◆ ASSIGNMENT:
Using the records below, locate all lines containing "matches" and return them.

Collected data
// The two families of operations on words: two operands, one operand.
ghost use Rattle.std.specs.Prelude.{◌≡◌};
ghost use Rattle.alu.specs.Binary.{is_float, integer, arithmetic, binary};
ghost use Rattle.alu.specs.Unary.{is_conversion, integer_unary, conversion, unary};

use crate::extend::{sext8, sext16};
use crate::product::{mulhi, mulhu, mullo};
use crate::shift::{ashr, shl, shr};
use float::{f32toi32, fadd, fdiv, fmul, fsub, i32tof32};
use isa::{BinaryOp, UnaryOp};

// The operations on whole numbers, apart from those on floats: what the lane loops call has to be small, or the compiler makes no vector
// instructions of them.
pub fn integer(op: BinaryOp, x: u32, y: u32) -> u32
    ensures { result ≡ integer op x y }
{
    match op {
        BinaryOp::Or => x | y,
        BinaryOp::And => x & y,
        BinaryOp::Xor => x ^ y,
        BinaryOp::Add => x.wrapping_add(y),
        BinaryOp::Sub => x.wrapping_sub(y),
        BinaryOp::Mullo => mullo(x, y),
        BinaryOp::Mulhi => mulhi(x, y),
        BinaryOp::Mulhu => mulhu(x, y),
        BinaryOp::Ashr => ashr(x, y),
        BinaryOp::Shr => shr(x, y),
        BinaryOp::Shl => shl(x, y),
        BinaryOp::Fadd | BinaryOp::Fsub | BinaryOp::Fmul | BinaryOp::Fdiv => 0,
    }
}

// The operations on floats.
pub fn arithmetic(op: BinaryOp, x: u32, y: u32) -> u32
    ensures { result ≡ arithmetic op x y }
{
    match op {
        BinaryOp::Fadd => fadd(x, y),
        BinaryOp::Fsub => fsub(x, y),
        BinaryOp::Fmul => fmul(x, y),
        BinaryOp::Fdiv => fdiv(x, y),
        _ => 0,
    }
}

fn is_float(op: BinaryOp) -> bool
    ensures { result ≡ is_float op }
{
    matches!(
        op,
        BinaryOp::Fadd | BinaryOp::Fsub | BinaryOp::Fmul | BinaryOp::Fdiv
    )
}

pub fn binary(op: BinaryOp, x: u32, y: u32) -> u32
    ensures { result ≡ binary op x y }
{
    if is_float(op) {
        return arithmetic(op, x, y);
    }
    integer(op, x, y)
}

// The operations within whole numbers, apart from the conversions, for the lane loops too.
pub fn integer_unary(op: UnaryOp, x: u32) -> u32
    ensures { result ≡ integer_unary op x }
{
    match op {
        UnaryOp::Clz => x.leading_zeros(),
        UnaryOp::Ctz => x.trailing_zeros(),
        UnaryOp::Move => x,
        UnaryOp::Sext8 => sext8(x),
        UnaryOp::Sext16 => sext16(x),
        UnaryOp::IntToFloat | UnaryOp::FloatToInt => 0,
    }
}

// The conversions between whole numbers and floats.
pub fn conversion(op: UnaryOp, x: u32) -> u32
    ensures { result ≡ conversion op x }
{
    match op {
        UnaryOp::IntToFloat => i32tof32(x),
        UnaryOp::FloatToInt => f32toi32(x),
        _ => 0,
    }
}

fn is_conversion(op: UnaryOp) -> bool
    ensures { result ≡ is_conversion op }
{
    matches!(op, UnaryOp::IntToFloat | UnaryOp::FloatToInt)
}

pub fn unary(op: UnaryOp, x: u32) -> u32
    ensures { result ≡ unary op x }
{
    if is_conversion(op) {
        return conversion(op, x);
    }
    integer_unary(op, x)
}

◆ WRITTEN ANSWER:
    matches!(
    matches!(op, UnaryOp::IntToFloat | UnaryOp::FloatToInt)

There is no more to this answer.